On distribution-based global sensitivity analysis by polynomial chaos expansion

Abstract

This paper presents a novel distribution-based global sensitivity analysis based on the Kullback–Leibler divergence derived directly from generalized polynomial chaos expansion (PCE). The synergy between PCE and Gram–Charlier expansion is utilized for derivation of novel and computationally efficient sensitivity indices. In contrast to a standard procedure for estimation of higher statistical moments, this paper reviews standard linearization problem of Hermite and Jacobi polynomials in order to efficiently estimate skewness and kurtosis direclty from PCE. Higher statistical moments are used for an estimation of probability distribution by Gram–Charlier expansion, which is represented by derived explicit cumulative distribution function. The proposed sensitivity indices taking the whole probability distribution into account are calculated for several numerical examples of increasing complexity in order to present their possibilities.
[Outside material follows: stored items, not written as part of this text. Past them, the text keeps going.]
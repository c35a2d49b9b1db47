//! A script on its way: the events so far, and the world that they made.
use crate::choices::Choices;
use crate::courses::Course;
use crate::events::{copy_of, unless_memory};
use lynx_entry::{Delivered, Event, Outcome};
use lynx_names::{ChainId, Memory, ServerId, TryCopy};
use lynx_set::{Action, ChainSet, Hop, Key};
use lynx_world::{World, empty_keepers};
use std::alloc::Global;

/// Events that were drawn, and what is to be known for drawing more. The script is judged anew,
/// from its text, so nothing is proved of it here.
#[derive(Drop)]
pub(crate) struct Plan {
    pub(crate) world: World,
    pub(crate) events: Vec<Event>,
    pub(crate) courses: Vec<Course>,
    /// Numbers at which chains can meet: the keys that the set's programs name, and the arguments
    /// of chains that began.
    pub(crate) meeting: Vec<u64>,
    /// How many requests were made.
    pub(crate) requests: u64,
}

impl Plan {
    pub(crate) fn new(alloc: Global, set: &ChainSet) -> Result<Plan, Memory> {
        let keepers = empty_keepers(alloc, set)?;
        Ok(Plan {
            world: World::new(alloc, set.copy(alloc)?, keepers)?,
            events: Vec::new(alloc),
            courses: Vec::new(alloc),
            meeting: literal_keys(alloc, set)?,
            requests: 0,
        })
    }

    /// Adds the event, and gives what it came to.
    pub(crate) fn play(&mut self, alloc: Global, event: Event) -> Result<Outcome, Memory> {
        let copied = copy_of(alloc, &event)?;
        let outcome = unless_memory(self.world.apply(alloc, event))?;
        self.events.push(copied)?;
        self.note(&outcome);
        Ok(outcome)
    }

    /// Notes how far an event brought the chains.
    fn note(&mut self, outcome: &Outcome) {
        match outcome {
            Outcome::Delivered {
                chain,
                hop,
                delivered,
            }
            | Outcome::Woken {
                chain,
                hop,
                delivered,
            } => self.note_delivery(chain, *hop, delivered),
            Outcome::Restarted { server } => self.note_restart(*server),
            _ => {}
        }
    }

    fn note_delivery(&mut self, chain: &ChainId, hop: u8, delivered: &Delivered) {
        for course in self.courses.iter_mut() {
            course.note(chain, hop, delivered);
        }
    }

    /// What the server held is gone.
    fn note_restart(&mut self, server: ServerId) {
        let set = self.world.set();
        for course in self.courses.iter_mut() {
            if course.next_server(set) == Some(server) {
                course.is_held = false;
            }
        }
    }

    /// One of the chains of which this holds.
    pub(crate) fn pick(&self, choices: &mut Choices, wanted: Wanted) -> Option<Course> {
        let courses = self.courses.as_slice();
        let first = choices.place(courses.len());
        courses
            .iter()
            .skip(first)
            .chain(courses.iter().take(first))
            .find(|course| self.is_wanted(course, wanted))
            .copied()
    }

    fn is_wanted(&self, course: &Course, wanted: Wanted) -> bool {
        let set = self.world.set();
        match wanted {
            Wanted::Due => course.is_due(set, self.courses.as_slice()),
            Wanted::Owing => course.next_server(set).is_some(),
            Wanted::Early => {
                course.next_server(set).is_some() && !course.is_due(set, self.courses.as_slice())
            }
            Wanted::Moved => course.next > 1,
        }
    }
}

/// Which chain is to be picked.
#[derive(Clone, Copy)]
pub(crate) enum Wanted {
    /// It is the turn of its next hop.
    Due,
    /// It owes a hop.
    Owing,
    /// It owes a hop whose turn it isn't yet.
    Early,
    /// It has done a hop on a message.
    Moved,
}

/// The keys that programs name by number.
fn literal_keys(alloc: Global, set: &ChainSet) -> Result<Vec<u64>, Memory> {
    let mut keys = Vec::new(alloc);
    for (_, program) in set.programs() {
        for hop in program.hops.as_slice() {
            add_keys(&mut keys, hop)?;
        }
    }
    Ok(keys)
}

/// Adds those in the hop.
fn add_keys(keys: &mut Vec<u64>, hop: &Hop) -> Result<(), Memory> {
    for action in hop.actions.as_slice() {
        if let Some(key) = literal_key(action) {
            keys.push(key)?;
        }
    }
    Ok(())
}

/// The number that is the key of the action's cell.
fn literal_key(action: &Action) -> Option<u64> {
    match action.cell() {
        Some((_, Key::Literal(key))) => Some(key),
        _ => None,
    }
}
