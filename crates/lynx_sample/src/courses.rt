//! How far the chains of a draft have come.
use lynx_entry::Delivered;
use lynx_names::{ChainId, ProgramId, ServerId};
use lynx_set::ChainSet;

/// A chain that began, and how far it has come.
#[derive(Clone, Copy)]
pub(crate) struct Course {
    pub(crate) chain: ChainId,
    pub(crate) program: ProgramId,
    /// Its first hop that isn't done, or the count of its hops.
    pub(crate) next: u8,
    /// Whether a server holds the message of that hop.
    pub(crate) is_held: bool,
}

impl Course {
    /// The server of the hop that the chain owes next, None where it owes none.
    pub(crate) fn next_server(&self, set: &ChainSet) -> Option<ServerId> {
        let hop = set.hop(self.program, usize::from(self.next))?;
        Some(hop.server)
    }

    /// Whether the chain still owes a hop at the server.
    pub(crate) fn owes_at(&self, set: &ChainSet, server: ServerId) -> bool {
        set.hops(self.program)
            .iter()
            .skip(usize::from(self.next))
            .any(|hop| hop.server == server)
    }

    /// Whether the chain began at the server and has still to return there, so that the server is
    /// busy.
    pub(crate) fn keeps_busy(&self, set: &ChainSet, server: ServerId) -> bool {
        self.chain.origin == server && self.owes_at(set, server)
    }

    /// Whether it is the turn of the hop that the chain owes next: no chain that began before it at
    /// its origin owes a hop at that hop's server.
    pub(crate) fn is_due(&self, set: &ChainSet, courses: &[Course]) -> bool {
        let Some(server) = self.next_server(set) else {
            return false;
        };
        !courses.iter().any(|other| {
            other.chain.origin == self.chain.origin
                && other.chain.index < self.chain.index
                && other.owes_at(set, server)
        })
    }

    /// What came of a delivery of that hop of a chain.
    pub(crate) fn note(&mut self, chain: &ChainId, hop: u8, delivered: &Delivered) {
        if self.chain != *chain || self.next != hop {
            return;
        }
        match delivered {
            Delivered::Done { .. } => {
                self.next = hop.saturating_add(1);
                self.is_held = false;
            }
            Delivered::Held => self.is_held = true,
            _ => {}
        }
    }
}
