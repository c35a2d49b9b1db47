//! Begins that pass their checks.
use crate::arguments::random_arguments;
use crate::choices::Choices;
use crate::courses::Course;
use crate::plan::Plan;
use lynx_cells::{Cells, Changes};
use lynx_entry::{Answer, Event, Outcome, Request};
use lynx_hops::run::{HopFault, run_hop};
use lynx_names::{ChainId, ClientId, Memory, ProgramId, ServerId, Stamp, TryCopy};
use lynx_rules::checks::request_fault;
use lynx_set::ChainSet;
use lynx_world::World;
use std::alloc::Global;

/// How many requests are drawn for a begin before it is given up.
const DRAWS: u32 = 50;

/// How many clients ask.
const CLIENTS: u64 = 4;

impl Plan {
    /// A begin of a chain whose first hop refuses nothing. False where no request for one was
    /// found, or the server was busy.
    pub(crate) fn begin(&mut self, alloc: Global, choices: &mut Choices) -> Result<bool, Memory> {
        let cells = cells_of(alloc, &self.world)?;
        for _ in 0..DRAWS {
            if let Some((server, request)) = self.draw(alloc, &cells, choices)? {
                return self.ask(alloc, server, request);
            }
        }
        Ok(false)
    }

    /// A request and the server that is to begin it, None where it would fail. Of the requests to a
    /// busy server few are given.
    fn draw(
        &self,
        alloc: Global,
        cells: &Cells,
        choices: &mut Choices,
    ) -> Result<Option<(ServerId, Request)>, Memory> {
        let set = self.world.set();
        let Some((program, server)) = random_program(set, choices) else {
            return Ok(None);
        };
        if self.is_busy(server) && !choices.once_in(16) {
            return Ok(None);
        }
        let meeting = self.meeting.as_slice();
        let request = Request {
            client: ClientId::new(choices.below(CLIENTS) + 1),
            number: self.requests.saturating_add(1),
            program,
            args: random_arguments(alloc, set, program, meeting, choices)?,
        };
        if fails(alloc, set, cells, server, &request)? {
            return Ok(None);
        }
        Ok(Some((server, request)))
    }

    /// Whether a chain that began at the server has still to return there.
    fn is_busy(&self, server: ServerId) -> bool {
        let set = self.world.set();
        self.courses
            .as_slice()
            .iter()
            .any(|course| course.keeps_busy(set, server))
    }

    /// Asks the server, and notes the chain that begins. False where none does.
    fn ask(&mut self, alloc: Global, server: ServerId, request: Request) -> Result<bool, Memory> {
        let program = request.program;
        let args = request.args.copy(alloc)?;
        self.requests = self.requests.saturating_add(1);
        let begin = Event::Begin {
            server,
            request,
            seen: Stamp::zero(),
        };
        let outcome = self.play(alloc, begin)?;
        let Some(chain) = begun_by(&outcome) else {
            return Ok(false);
        };
        self.courses.push(Course {
            chain,
            program,
            next: 1,
            is_held: false,
        })?;
        for arg in args.as_slice() {
            self.meeting.push(*arg)?;
        }
        Ok(true)
    }
}

/// The chain that began.
fn begun_by(outcome: &Outcome) -> Option<ChainId> {
    match outcome {
        Outcome::Answered(Answer::Begun { chain, .. }) => Some(*chain),
        _ => None,
    }
}

/// A program of the set and its origin, None where it has none.
fn random_program(set: &ChainSet, choices: &mut Choices) -> Option<(ProgramId, ServerId)> {
    let number = choices.place(set.programs().len());
    let program = ProgramId::new(u8::try_from(number).ok()?)?;
    let origin = set.origin(program)?;
    Some((program, origin))
}

/// Whether the request fails the checks of its server, or its first hop refuses.
fn fails(
    alloc: Global,
    set: &ChainSet,
    cells: &Cells,
    server: ServerId,
    request: &Request,
) -> Result<bool, Memory> {
    if request_fault(set, server, request).is_some() {
        return Ok(true);
    }
    let args = request.args.as_slice();
    match run_hop(alloc, set, request.program, 0, args, &[], cells) {
        Ok(ran) => {
            let _ = ran.spend();
            Ok(false)
        }
        Err(HopFault::Refused(_)) => Ok(true),
        Err(HopFault::Memory) => Err(Memory),
    }
}

/// What the servers hold in their cells, as one. Each cell is at one server.
fn cells_of(alloc: Global, world: &World) -> Result<Cells, Memory> {
    let mut changes = Changes::new(alloc);
    for (table, key, value) in world.cells(alloc)?.as_slice() {
        changes.put(*table, *key, *value)?;
    }
    let mut cells = Cells::new(alloc);
    cells.stage(&changes)?;
    cells.apply(&changes);
    Ok(cells)
}
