//! Random scripts: events over a set, drawn by a seed or made by a search for a cycle, in a text
//! that is judged before it is written.
#![tactic(auto)]

pub use fault::SampleFault;
pub use sample::{SampleOptions, TRIES, sample_text};
pub use script::script_text;

mod arguments;
mod begins;
mod choices;
mod courses;
mod cycles;
mod drawn;
mod events;
pub mod fault;
mod judged;
mod plan;
pub mod sample;
pub mod script;
mod steps;
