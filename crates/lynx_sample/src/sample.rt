//! A random script for a set text.
ghost use Rattle.std.specs.Prelude.{ℕ, List, true, IsTrue, OnOk, OnErr, IfOk, IfErr, IfSome};
ghost use Rattle.std.specs.Io.KnownBytes.{Appends, Keeps};
ghost use Rattle.std.specs.String.{string_bytes};
ghost use Rattle.lynx_check.specs.Verdicts.{Judges};
ghost use Rattle.lynx_graph.specs.Acceptance.{IsAccepted};
ghost use Rattle.lynx_sample.specs.Samples.{BeginsSample, IsSample, IsSampleOver, NoSampleFor};
ghost use Rattle.lynx_sample.specs.inner.Found.{NotFoundFor};

use crate::choices::Choices;
use crate::cycles::made_events;
use crate::drawn::drawn_script;
use crate::fault::SampleFault;
use crate::judged::is_sample;
use crate::script::script_text;
use lynx_check::{Verdict, check};
use lynx_report::{read_set, write_bytes};
use lynx_set::ChainSet;
use std::alloc::Global;
use std::io::Write;

/// How many runs are tried until one ends as it is asked for.
pub const TRIES: u32 = 1_000;

/// Which script is asked for.
#[derive(Clone, Copy, Debug, PartialEq, Eq)]
pub struct SampleOptions {
    /// The same seed gives the same script.
    pub seed: u64,
    /// How many chains begin, at most. Where programs refuse or hold one another up, it is fewer.
    pub begins: u8,
    /// Whether the run is to end with a cycle.
    pub cycle: bool,
    /// How many steps a cycle is searched by before random runs are tried: 200,000 take a second at
    /// most. Of use with `cycle` alone.
    pub effort: u64,
}

/// Writes a random script over the set that a text spells: begins that pass their checks, and among
/// them deliveries, repeats, losses, wakings and restarts, so that at the end no chain owes a hop.
/// Where of [`TRIES`] runs none comes to its end, and no cycle is asked for, it is the script
/// without events. All of the text is made and judged before any of it is written. A try takes
/// about the time of two runs of its script.
///
/// Where a cycle is asked for, the set is judged first: of an accepted one no script is sought.
/// Else such a script is made, by a search for a circle of chains, with so many begins as it takes;
/// and where that finds none, random ones are tried.
pub fn sample_text<W: Write>(
    alloc: Global,
    set: &[u8],
    options: SampleOptions,
    writer: &mut W,
) -> Result<(), SampleFault>
    ensures ok { OnOk result ((script : List ℕ) × IsSample options.cycle set.now script
        × Appends (W.contents writer.old) (W.contents writer.new) script) }
    ensures err { IfErr result (λ fault. NoSampleFor options.cycle set.now
        (Keeps (W.contents writer.old) (W.contents writer.new)) fault) }
    ensures part { OnErr result (BeginsSample options.cycle set.now (W.contents writer.old)
        (W.contents writer.new)) }
{
    let set = read_set(alloc, set)?;
    let script = sample_over(alloc, &set, options)?;
    write_bytes(writer, script.as_bytes())?;
    Ok(())
}

/// A script whose run ends as it is asked for: where a cycle is, that which is made.
fn sample_over(alloc: Global, set: &ChainSet, options: SampleOptions) -> Result<String, SampleFault>
    ensures ok { IfOk result (λ script. IsSampleOver options.cycle set.now (string_bytes script)) }
    ensures err { IfErr result (NotFoundFor options.cycle) }
{
    if !options.cycle {
        return random_sample(alloc, set, options);
    }
    if is_accepted(set, &check(alloc, set)?) {
        return Err(SampleFault::NoCycle);
    }
    match made_sample(alloc, set, options.effort)? {
        Some(script) => Ok(script),
        None => random_sample(alloc, set, options),
    }
}

/// Whether the verdict on this very set is that it is accepted: then no run ends with a cycle.
fn is_accepted(set: &ChainSet, verdict: &Verdict) -> bool
    requires { Judges set.now verdict.now }
    ensures { IsTrue result → IsAccepted set.now }
{
    match verdict {
        Verdict::Accepted(_) => true,
        Verdict::Offending(_, _) => false,
    }
}

/// The script that the search makes, where its run ends with a cycle. None where it makes none.
fn made_sample(alloc: Global, set: &ChainSet, effort: u64) -> Result<Option<String>, SampleFault>
    ensures ok { IfOk result (λ found. IfSome found (λ script.
        IsSampleOver true set.now (string_bytes script))) }
    ensures err { IfErr result (NotFoundFor true) }
{
    let Some(events) = made_events(alloc, set, effort)? else {
        return Ok(None);
    };
    let script = script_text(alloc, set, events.as_slice())?;
    if is_sample(alloc, set, script.as_bytes(), true)? {
        Ok(Some(script))
    } else {
        Ok(None)
    }
}

/// The first script of those that are drawn whose run ends as it is asked for.
fn random_sample(
    alloc: Global,
    set: &ChainSet,
    options: SampleOptions,
) -> Result<String, SampleFault>
    ensures ok { IfOk result (λ script. IsSampleOver options.cycle set.now (string_bytes script)) }
    ensures err { IfErr result (NotFoundFor options.cycle) }
{
    let mut choices = Choices::new(options.seed);
    for _ in 0..TRIES {
        let script = drawn_script(alloc, set, options.begins, &mut choices)?;
        if is_sample(alloc, set, script.as_bytes(), options.cycle)? {
            return Ok(script);
        }
    }
    no_sample(alloc, set, options.cycle)
}

/// What is left where no run ended as it was asked for: the script without events leaves no hop
/// owed.
fn no_sample(alloc: Global, set: &ChainSet, cycle: bool) -> Result<String, SampleFault>
    ensures ok { IfOk result (λ script. IsSampleOver cycle set.now (string_bytes script)) }
    ensures err { IfErr result (NotFoundFor cycle) }
{
    if cycle {
        Err(SampleFault::NoCycle)
    } else {
        Ok(String::new(alloc))
    }
}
It is shown, that the proposed sensitivity indices are obtained without any additional computational demands together with Sobol indices, and thus can be easily used as complementary information for a complex sensitivity analysis or any decision making in industrial applications. Application of the proposed approach on engineering structure is presented in case of prestressed concrete roof girders failing shear. Moreover, the potential of the proposed approach for reliability-oriented sensitivity analysis is investigated in pilot numerical example.